Много чего происходило в знаменитой аудитории, но ролевой игры в ней еще не было.

– Как на экзамене! – усмехнулся Гена, глядя на белые прямоугольные бумажки, разложенные по столу.

– Это и есть экзамен, – нервно отозвался Степа. – Только ты билет не тянешь – с тобой собеседование будет. А вы, господа словоглоты, тяните.

Словоглоты выполнили просимое и посмотрели обратную сторону, где было написано доставшееся слово. Миша выбирал судьбоносное слово последним и с полминуты колдовал над оставшимися бумажками, положив на них ладонь и водя этой ладонью по кругу. Когда его окликнули, поторапливая, он вздрогнул, словно очнувшись, и схватил первый попавшийся жребий.

– Все посмотрели свои слова? – спросил мастер. – Тогда подходите ко мне по одному – я отойду, чтобы другие не слышали.

– Я твоего слова не знаю, – сказал он подошедшему Дрюне Курину. – Ты шаман-подпольщик, ты уже давно сменил свое слово. Ты сменил слово и журналистке. Я ее слова не знаю, а ты знаешь, она тебе сейчас сообщит.

– Я твоего слова не знаю, – сказал он подошедшей Лене. – Ты его сменила у шамана. Иди и сообщи ему, только незаметно.

Остальным подошедшим он говорил:

– Я парторг, поэтому знаю твое слово. Скажи мне его.

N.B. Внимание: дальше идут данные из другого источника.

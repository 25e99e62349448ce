//! The event that is under way looked at, and the state as it was where something is wrong.

ghost use Rattle.std.specs.Prelude.{◌≡◌, ◌+◌, ℕ, IfOk, IfSome, OnErr, IsNone, MatchOption};
ghost use Rattle.tp_log_check.specs.Gathered.{ArePlain, IsSame};
ghost use Rattle.tp_log_check.specs.Causes.{IsDueOrStops, TellWholeTurn};
ghost use Rattle.tp_log_check.specs.EventEntry.{entry};
ghost use Rattle.tp_log_check.specs.Lawful.{AreInPlaces, HasNoTurn, LeadsTo};
ghost use Rattle.tp_log_laws.specs.AcceptedEntries.{IsAccepted};
ghost use Rattle.tp_event_rules.specs.LiveStates.{seen};
ghost use Rattle.tp_event_rules.specs.Ready.{CanTakeEvents, KeepsStock, last_copy};

use crate::Pending;
use crate::judgement::judge;
use std::alloc::Global;
use std::mem;
use tp_base::Memory;
use tp_event_rules::LiveState;
use tp_log_planner::{Told, WrongItem};
use tp_machine::Machine;

/// Does the turn of the event that is under way, and returns what is wrong with its records and trees. Where something is, or memory is
/// wanting, the state is as before.
pub(crate) fn look(
    alloc: Global,
    machine: &Machine,
    state: &mut LiveState,
    pending: &mut Pending,
) -> Result<Option<WrongItem>, Memory>
    requires can { CanTakeEvents machine.now last_copy (seen state.old) }
    requires stocked { KeepsStock machine.now last_copy (seen state.old) }
    ensures accepted { IfOk result (λ found. MatchOption found
        (IsAccepted machine.now (seen state.old)
        (entry pending.old.event pending.old.items.items) (seen state.new))
        (λ stop. seen state.new ≡ seen state.old)) }
    ensures only { IfOk result (λ found. MatchOption found
        (LeadsTo machine.now (seen state.old) pending.old.event pending.old.items.items
        (seen state.new))
        (λ stop. HasNoTurn machine.now (seen state.old) pending.old.event
        pending.old.items.items)) }
    ensures why { IfOk result (λ found. IfSome found (IsDueOrStops machine.now
        (seen state.old) pending.old.event pending.old.items.items)) }
    ensures places { IfOk result (λ found. IsNone found
        → ArePlain pending.old.items.items → AreInPlaces pending.old.items.items) }
    ensures kept { IfOk result (λ found. IsNone found → (copies : ℕ)
        → CanTakeEvents machine.now copies (seen state.old)
        → CanTakeEvents machine.now (copies + 1) (seen state.new)) }
    ensures stocked { IfOk result (λ found. IsNone found → (events : ℕ)
        → KeepsStock machine.now events (seen state.old)
        → KeepsStock machine.now (events + 1) (seen state.new)) }
    ensures memory { OnErr result (seen state.new ≡ seen state.old) }
    ensures same { IsSame pending.old pending.new }
{
    let before = state.remember(alloc)?;
    let items = mem::replace(&mut pending.items, Vec::new(alloc));
    let mut told = Told::new(alloc, items);
    match judge(alloc, machine, state, &pending.event, &mut told) {
        Ok(None) => {
            pending.items = told.give_back();
            Ok(None)
        }
        Ok(Some(stop)) => {
            pending.items = told.give_back();
            state.go_back(before);
            Ok(Some(stop))
        }
        Err(error) => {
            pending.items = told.give_back();
            state.go_back(before);
            Err(error)
        }
    }
}

/// Does the turn of the event that is under way by its records and trees so far, and returns what is wrong with them. The state is as before,
/// whatever the answer.
pub(crate) fn look_off(
    alloc: Global,
    machine: &Machine,
    state: &mut LiveState,
    pending: &mut Pending,
) -> Result<Option<WrongItem>, Memory>
    requires can { CanTakeEvents machine.now last_copy (seen state.old) }
    requires stocked { KeepsStock machine.now last_copy (seen state.old) }
    ensures why { IfOk result (λ found. IfSome found (IsDueOrStops machine.now
        (seen state.old) pending.old.event pending.old.items.items)) }
    ensures right { IfOk result (λ found. IsNone found → TellWholeTurn machine.now
        (seen state.old) pending.old.event pending.old.items.items) }
    ensures stays { seen state.new ≡ seen state.old }
    ensures same { IsSame pending.old pending.new }
{
    let before = state.remember(alloc)?;
    let items = mem::replace(&mut pending.items, Vec::new(alloc));
    let mut told = Told::new(alloc, items);
    let found = judge(alloc, machine, state, &pending.event, &mut told);
    pending.items = told.give_back();
    state.go_back(before);
    found
}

– О своих вводных все всё знают, – проговорил Степа после того, как поток подходящих иссяк. – Со словами мы тоже разобрались. Теперь о ходе игры. Напоминаю, что каждый преследует свои цели и определяет, насколько учение инока соответствует или не соответствует этим целям. Кроме того, целью каждого является не впасть в кому, так что напрягитесь. Если вы не слышите свое слово дважды каждые полчаса, то честно вырубаетесь. За всеми проследить у меня не будет возможности, но кое-что я всё равно услышу. Главное – не обманывайте. Если не услышали слово, то закрываете глаза, а добрый доктор выводит вас из комы и вы жестами показываете ему слово. Доктор произносит его вслух – и вы живете дальше. Менять слово во время игры мы не будем: слишком мало времени. Так что научитесь жить со своим словом. Вопросы есть?

– Я что-то не догоняю, – сказал Курин, – значит, мне нельзя будет никому слово сменить?

– Нельзя. Это же преступление – тебя сразу арестуют. Но вести об этом переговоры ты можешь. Мол, кончится эта бодяга, разойдемся – и тогда я смогу помочь твоему горю.

– Понятно.

– А если я кого-нибудь откачаю, я смогу использовать его слово? – спросила Света.

– В любых целях.

– Супер! – воскликнула она и предупредила с веселой угрозой: – Никому не советую впадать в кому!

– Еще вопросы есть? Генералу Грише всё понятно?

– Так точно, товарищ особист!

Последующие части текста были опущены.